However, most of the existing pipeline detection methods using forward-looking sonar are detection methods based on image domain processing, and images are acquired through foreign equipment. In shallow sea areas, the seabed is uneven and is full of reefs and the like, and strong bottom reverberation has great influence on pipeline detection. The existing image noise reduction and edge detection methods are difficult to eliminate the interference of reverberation, so that misjudgment is caused, and the overall detection efficiency is influenced.

Disclosure of Invention

The invention aims to overcome the defects of the prior art and provides a submarine pipeline detection and positioning method and system based on a forward-looking sonar.

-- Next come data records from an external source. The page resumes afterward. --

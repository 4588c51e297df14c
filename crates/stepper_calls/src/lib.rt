//! Calls and returns (C11 6.5.2.2, 6.8.6.4, 6.9.1).
#![tactic(auto)]

pub mod arguments;
pub mod calls;
pub mod functions;
pub mod returns;
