//! Functions with bodies, by their bases.

ghost use Rattle.std.specs.Prelude.{◌≡◌, map, IfOk};
ghost use Rattle.c_program.specs.Syntax.{base_at, function_at};
ghost use Rattle.c_program.specs.Views.{program_of, base_of, result_in, result_at};
ghost use Rattle.c_program.specs.Views as views;
ghost use Rattle.c_types.specs.Compatible.{signature_of};
ghost use Rattle.c_types.specs.Views.{composites_of, type_of};
ghost use Rattle.stepper_work.specs.Views.{result_of};
ghost use Rattle.stepper_calls.specs.Functions.{functions_of, found_of};

use c_base::integer::Machine;
use c_memory::scalar::Scalar;
use c_program::program::{Block, Function, TypedProgram};
use c_types::ctype::{CType, Composites};
use std::alloc::AllocError;
use stepper_types::bases::base_in;
use stepper_types::sizes::size_within;
use stepper_work::work::ResultType;

/// A function and its body.
#[derive(Clone, Copy, Drop)]
pub struct Defined<'p> {
    pub function: &'p Function,
    pub body: &'p Block,
}

/// The first of the functions that has a body and is this base.
fn find_in<'p>(program: &TypedProgram, functions: &'p [Function], base: u32) -> Option<Defined<'p>>
    ensures { found_of program.now result ≡ function_at (functions_of program.now functions.now) base }
{
    for function in functions {
        if let Some(body) = &function.body {
            if function.base.0 == base {
                return Some(Defined { function, body });
            }
        }
    }
    None
}

/// The function with a body that the base is.
pub fn find_function<'p>(program: &'p TypedProgram, base: u32) -> Option<Defined<'p>>
    ensures { found_of program.now result ≡ function_at (program_of program.now).functions base }
{
    find_in(program, program.functions.as_slice(), base)
}

/// What a call has that gives the type.
fn result_with(
    composites: &Composites,
    machine: Machine,
    t: &CType,
) -> Result<ResultType, AllocError>
    ensures { IfOk result (λ r. result_of r ≡ result_in (composites_of composites.now) machine (type_of t.now)) }
{
    match t {
        CType::Void => Ok(ResultType::Void),
        CType::Int(kind) => Ok(ResultType::Returns(Scalar::Integer(*kind))),
        CType::Ptr(_) => Ok(ResultType::Returns(Scalar::Pointer)),
        CType::Array(_, _) => { Ok(ResultType::ReturnsCells(size_within(composites, machine, t)?)) }
        CType::Comp(_) => Ok(ResultType::ReturnsCells(size_within(composites, machine, t)?)),
        CType::Func(_) => Ok(ResultType::ReturnsCells(0)),
    }
}

fn result_by(composites: &Composites, machine: Machine, t: &CType) -> Result<ResultType, AllocError>
    ensures { IfOk result (λ r. result_of r ≡ views.result_by (composites_of composites.now) machine (signature_of (type_of t.now))) }
{
    match t {
        CType::Func(f) => result_with(composites, machine, &f.get().result),
        CType::Void => Ok(ResultType::Void),
        CType::Int(_) => Ok(ResultType::Void),
        CType::Ptr(_) => Ok(ResultType::Void),
        CType::Array(_, _) => Ok(ResultType::Void),
        CType::Comp(_) => Ok(ResultType::Void),
    }
}

/// What a call of the function at a base has.
pub fn result_type(program: &TypedProgram, base: u32) -> Result<ResultType, AllocError>
    ensures { IfOk result (λ r. result_of r ≡ result_at (composites_of program.now.comps) program.now.machine (base_at (map base_of program.now.bases) base)) }
{
    match base_in(program, base) {
        None => Ok(ResultType::Void),
        Some(b) => result_by(&program.comps, program.machine, &b.ctype),
    }
}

In order to achieve the purpose, the invention provides a submarine pipeline detection and positioning method based on a forward-looking sonar, which comprises the following steps:

the forward-looking sonar device transmits signals and receives signals reflected by a submarine pipeline;

carrying out a plurality of beam forming processing on signals received by the forward looking sonar device to obtain multi-beam domain data;

carrying out dynamic threshold detection on the wave beam domain data to obtain a detection result;

according to the detection result, carrying out binarization processing on the beam domain data to obtain a binarization image;

carrying out Hough transform on the binary image, carrying out threshold detection in a transform domain, and then carrying out pipeline segment extraction to obtain a rectangular acoustic image;

and converting the rectangular sound image into a fan-shaped display, thereby detecting and positioning the pipeline.

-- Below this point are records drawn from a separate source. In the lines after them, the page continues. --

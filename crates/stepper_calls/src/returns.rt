//! Returns, and the closing braces of functions (C11 6.8.6.4, 6.9.1p12, 5.1.2.2.3p1).

ghost use Rattle.std.specs.Prelude.{◌≡◌, ◌∷◌, ◌*◌, [], map, replicate, IfOk, OnOk};
ghost use Rattle.c_machine.specs.Machine as machine;
ghost use Rattle.c_memory.specs.Memories as memories;
ghost use Rattle.c_memory.specs.Values as values;
ghost use Rattle.c_program.specs.Views.{program_of};
ghost use Rattle.stepper_memory.specs.Views.{plain};
ghost use Rattle.stepper_values.specs.Views.{cell_of, held_of, layout_of};
ghost use Rattle.stepper_work.specs.Effects.{HasEffect, Answers};
ghost use Rattle.stepper_work.specs.Views.{result_of, control_of, state_of};

use c_base::kind::Kind;
use c_memory::scalar::Scalar;
use sqlite_items::Items;
use std::alloc::{AllocError, Global};
use stepper_exits::exits::leave_function;
use stepper_expressions::stepper::Stepper;
use stepper_held::returns::{delivered, handed};
use stepper_values::number::Number;
use stepper_values::value::{Cell, Held, plain as plain_value};
use stepper_work::work::{Effect, ResultType, State};

/// The dying objects die, and the caller goes on with the result.
fn hand_over<'p>(
    stepper: &Stepper<'p>,
    held: Held,
    dying: &[u32],
    state: &mut State<'p>,
) -> Result<(), AllocError>
    ensures control { OnOk result (state.new.control ≡ state.old.control) }
    ensures held { OnOk result (map held_of state.new.held ≡ machine.handed dying.now (held_of held) ∷ map held_of state.old.held) }
    ensures memory { OnOk result (plain state.new.memory ≡ memories.died dying.now (plain state.old.memory)) }
{
    state.held.push(handed(stepper.alloc, held, dying)?)?;
    state.memory.kill(dying)
}

/// A `return` hands a value to the caller.
fn leave<'p>(stepper: &Stepper<'p>, held: Held, state: &mut State<'p>) -> Result<Effect, AllocError>
    ensures { IfOk result (Answers (machine.Leaves (held_of held) (state_of state.old) (machine.exit_of [] (control_of state.old.control))) (state_of state.new)) }
{
    let mut dying = Items::new(stepper.alloc);
    match leave_function(&mut dying, &mut state.control)? {
        None => Ok(Effect::Stuck),
        Some(_) => {
            hand_over(stepper, held, dying.as_slice(), state)?;
            Ok(Effect::GoesOn)
        }
    }
}

/// A `return` hands the held value to the caller, if it may be used.
pub fn deliver<'p>(
    stepper: &Stepper<'p>,
    id: u32,
    state: &mut State<'p>,
) -> Result<Effect, AllocError>
    ensures { IfOk result (HasEffect (program_of stepper.now.program.now) (layout_of stepper.now.layout) (machine.Deliver id) state.old state.new) }
{
    let Some(held) = state.held.pop() else {
        return Ok(Effect::Stuck);
    };
    match delivered(held) {
        Err(kind) => Ok(Effect::StopsIn(kind, id)),
        Ok(held) => leave(stepper, held, state),
    }
}

fn unwritten(alloc: Global, bytes: u64) -> Result<Items<Cell>, AllocError>
    ensures { IfOk result (λ cells. map cell_of cells ≡ replicate (8 * bytes) values.Uninit) }
{
    let mut cells = Items::new(alloc);
    for _ in 0..8 * bytes as u128 {
        cells.push(Cell::Uninit)?;
    }
    Ok(cells)
}

/// What a function has that falls off its end.
fn fallen_at(alloc: Global, site: Option<u32>, returned: ResultType) -> Result<Held, AllocError>
    ensures { IfOk result (λ held. held_of held ≡ machine.fallen_at site (result_of returned)) }
{
    match returned {
        ResultType::Void => Ok(Held::Absent),
        ResultType::Returns(Scalar::Pointer) => Ok(Held::Unusable(Kind::Initialization)),
        ResultType::Returns(Scalar::Integer(_)) => {
            match site {
                None => Ok(Held::Usable(plain_value(alloc, Number::Natural(0)))),
                Some(_) => Ok(Held::Unusable(Kind::Initialization)),
            }
        }
        ResultType::ReturnsCells(bytes) => Ok(Held::Cells(unwritten(alloc, bytes)?)),
    }
}

/// A function falls off its end.
pub fn fall<'p>(
    stepper: &Stepper<'p>,
    id: u32,
    returned: ResultType,
    state: &mut State<'p>,
) -> Result<Effect, AllocError>
    ensures { IfOk result (HasEffect (program_of stepper.now.program.now) (layout_of stepper.now.layout) (machine.Brace id (result_of returned)) state.old state.new) }
{
    let mut dying = Items::new(stepper.alloc);
    match leave_function(&mut dying, &mut state.control)? {
        None => Ok(Effect::Stuck),
        Some(left) => {
            let held = fallen_at(stepper.alloc, left.site, returned)?;
            hand_over(stepper, held, dying.as_slice(), state)?;
            Ok(Effect::GoesOn)
        }
    }
}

As an improvement of the method, the method further comprises the step of designing a forward-looking sonar device according to the technical index requirement of submarine pipeline detection; the method specifically comprises the following steps:

according to the size of the detection pipeline, the angle coverage range of the forward-looking sonar is set to be 0-90 degrees, the transmitting transducer array adopts an arc array, the receiving transducer array adopts an even linear array, and the length D of the receiving transducer array is determined according to the following formula:

in the formula, B_wSetting the array of the receiving transducer as a uniform array, wherein the unit of the beam width is degree and lambda is wavelength; the number of array elements of the receiving transducer array is M, the distance between adjacent array elements is d, and the following formula is satisfied:

D＝Md。

as an improvement of the above method, the signal received by the forward looking sonar device is processed by a plurality of wave beams to obtain multi-wave beam domain data; the method specifically comprises the following steps:

a plurality of beam forming processes are carried out on the forward-looking sonar signal X (t), and the weighting vector of the ith beam is W_iObtaining a beam forming Y (theta) of the ith beam according to the following formula_iAnd t) is:

Y(θ_i，t)＝W_i ^HX(t)

where i is 1,2,3, …, N denotes the total number of beams, t denotes the time domain, and H denotes the transposed conjugate;

the beam domain data is obtained from N beamforming.

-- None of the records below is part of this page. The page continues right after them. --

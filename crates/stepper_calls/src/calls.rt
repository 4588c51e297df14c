//! Calls (C11 6.5.2.2).

ghost use Rattle.std.specs.Prelude.{◌≡◌, Some, MatchOption, map, IfOk, OnOk};
ghost use Rattle.c_machine.specs.Machine as machine;
ghost use Rattle.c_machine.specs.Parts as parts;
ghost use Rattle.c_program.specs.Views.{program_of};
ghost use Rattle.stepper_accesses.specs.Arguments.{argument_of};
ghost use Rattle.stepper_shapes.specs.Views.{implied_of};
ghost use Rattle.stepper_values.specs.Views.{held_of, layout_of};
ghost use Rattle.stepper_work.specs.Effects.{HasEffect, Answers};
ghost use Rattle.stepper_work.specs.Views.{control_of, state_of};
ghost use Rattle.stepper_calls.specs.Functions.{found_of};

use crate::arguments::{take_call, use_arguments};
use crate::functions::{Defined, find_function, result_type};
use c_base::kind::Kind;
use c_program::program::TypedProgram;
use sqlite_items::Items;
use std::alloc::AllocError;
use stepper_accesses::scopes::{Argument, bear, pass};
use stepper_expressions::stepper::Stepper;
use stepper_flow::blocks::{both_numbers, numbers};
use stepper_held::stack::Stack;
use stepper_jumps::queues::queue_from;
use stepper_shapes::operand::ImpliedType;
use stepper_types::pointers::called_function;
use stepper_values::value::{Held, used};
use stepper_work::work::{Effect, State, Work};

/// The statements of a function's body, its closing brace, the end of its objects, and its frame.
pub fn push_body<'p>(
    program: &'p TypedProgram,
    control: &mut Stack<Work<'p>>,
    d: Defined<'p>,
    site: Option<u32>,
) -> Result<(), AllocError>
    ensures { OnOk result (MatchOption (found_of program.now (Some d.entry)) ⊥ (λ f. control_of control.new ≡ machine.body_of f site (control_of control.old))) }
{
    let base = d.function.base.0;
    let returned = result_type(program, base)?;
    control.push(Work::Frame(base, site))?;
    control.push(Work::CloseFunction(&d.function.formals, &d.body.locals))?;
    control.push(Work::Brace(d.function.end.0, returned))?;
    control.push(Work::Body(&d.body.stmts))?;
    queue_from(control, &d.body.stmts, 0)
}

/// The objects of the function are born, and its formals hold the arguments.
fn enter_function<'p>(
    stepper: &Stepper<'p>,
    site: u32,
    d: Defined<'p>,
    arguments: &[Argument],
    state: &mut State<'p>,
) -> Result<Effect, AllocError>
    ensures { IfOk result (Answers (machine.EntersFunction (layout_of stepper.now.layout) site (map argument_of arguments.now) (state_of state.old) (found_of stepper.now.program.now (Some d.entry))) (state_of state.new)) }
{
    push_body(stepper.program, &mut state.control, d, Some(site))?;
    let formals = d.function.formals.as_slice();
    let objects = both_numbers(stepper.alloc, formals, d.body.locals.as_slice())?;
    bear(
        stepper.alloc,
        &stepper.layout,
        &mut state.memory,
        objects.as_slice(),
    )?;
    let formals = numbers(stepper.alloc, formals)?;
    let memory = &mut state.memory;
    pass(
        stepper.alloc,
        &stepper.layout,
        memory,
        formals.as_slice(),
        arguments,
    )?;
    Ok(Effect::GoesOn)
}

fn enter_base<'p>(
    stepper: &Stepper<'p>,
    site: u32,
    base: Result<u32, Kind>,
    arguments: Items<Argument>,
    state: &mut State<'p>,
) -> Result<Effect, AllocError>
    ensures { IfOk result (Answers (machine.EntersBase (program_of stepper.now.program.now) (layout_of stepper.now.layout) site (map argument_of arguments) (state_of state.old) base) (state_of state.new)) }
{
    match base {
        Err(kind) => Ok(Effect::StopsHere(kind)),
        Ok(base) => {
            match find_function(stepper.program, base) {
                None => Ok(Effect::Stuck),
                Some(d) => enter_function(stepper, site, d, arguments.as_slice(), state),
            }
        }
    }
}

/// The function's address is used first, and then the arguments in order.
fn enter_with<'p>(
    stepper: &Stepper<'p>,
    site: u32,
    t: ImpliedType<'p>,
    f: Held,
    arguments: Stack<Held>,
    state: &mut State<'p>,
) -> Result<Effect, AllocError>
    ensures { IfOk result (Answers (machine.EntersWith (program_of stepper.now.program.now) (layout_of stepper.now.layout) site (implied_of t.entry) (state_of state.old) (machine.used (held_of f)) (parts.used_arguments (map held_of arguments))) (state_of state.new)) }
{
    match used(f) {
        Err(kind) => Ok(Effect::StopsHere(kind)),
        Ok(v) => {
            match use_arguments(stepper.alloc, arguments)? {
                Err(kind) => Ok(Effect::StopsHere(kind)),
                Ok(arguments) => {
                    let base = called_function(stepper.program, &stepper.layout, t, &v);
                    enter_base(stepper, site, base, arguments, state)
                }
            }
        }
    }
}

/// A call at a site of the function whose address is held below so many arguments.
pub fn enter<'p>(
    stepper: &Stepper<'p>,
    site: u32,
    t: ImpliedType<'p>,
    count: usize,
    state: &mut State<'p>,
) -> Result<Effect, AllocError>
    ensures { IfOk result (HasEffect (program_of stepper.now.program.now) (layout_of stepper.now.layout) (machine.Enter site (implied_of t.entry) count) state.old state.new) }
{
    let mut arguments = Stack::new(stepper.alloc);
    match take_call(&mut state.held, count, &mut arguments)? {
        None => Ok(Effect::Stuck),
        Some(f) => enter_with(stepper, site, t, f, arguments, state),
    }
}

As an improvement of the above method, the dynamic threshold detection is performed on the beam domain data to obtain a detection result; the method specifically comprises the following steps:

uniformly dividing N wave beams of the wave beam domain data into N areas, and solving the maximum value P of the jth area_jComprises the following steps:

in the formula, max (·) represents the maximum value, j ═ 1,2,3, …, n, t represent the time domain;

averaging the n maxima to obtain a value C of:

multiplying the numerical value C by a resultant coefficient beta to obtain a dynamic detection threshold T;

and performing threshold T detection on the beam domain data to obtain K sampling points which pass a threshold.

As an improvement of the above method, the beam domain data is binarized according to the detection result to obtain a binarized image; the method specifically comprises the following steps: and for K sampling points which pass through the threshold, the numerical value at the position of the corresponding beam domain is assigned to be 1, and the numerical value at the position of the corresponding beam domain is assigned to be 0 without the sampling points which pass through the threshold, so that a binary image B is obtained.

As an improvement of the method, the binary image is subjected to Hough transform, threshold detection is carried out in a transform domain, and then pipeline segment extraction is carried out to obtain a rectangular acoustic image; the method specifically comprises the following steps:

carrying out Hough transform on the binary image:

ρ＝θcosφ+tsinφ

the method comprises the steps that theta and t respectively represent angles and moments of beam domain data, rho and phi are parameters of a transformation domain, rho represents a vertical distance from an origin to a straight line, phi represents an included angle between a vertical line and a t axis of a rectangular coordinate system, and the (a, B) th cell in the transformation domain is obtained, wherein a is 1,2,3, a.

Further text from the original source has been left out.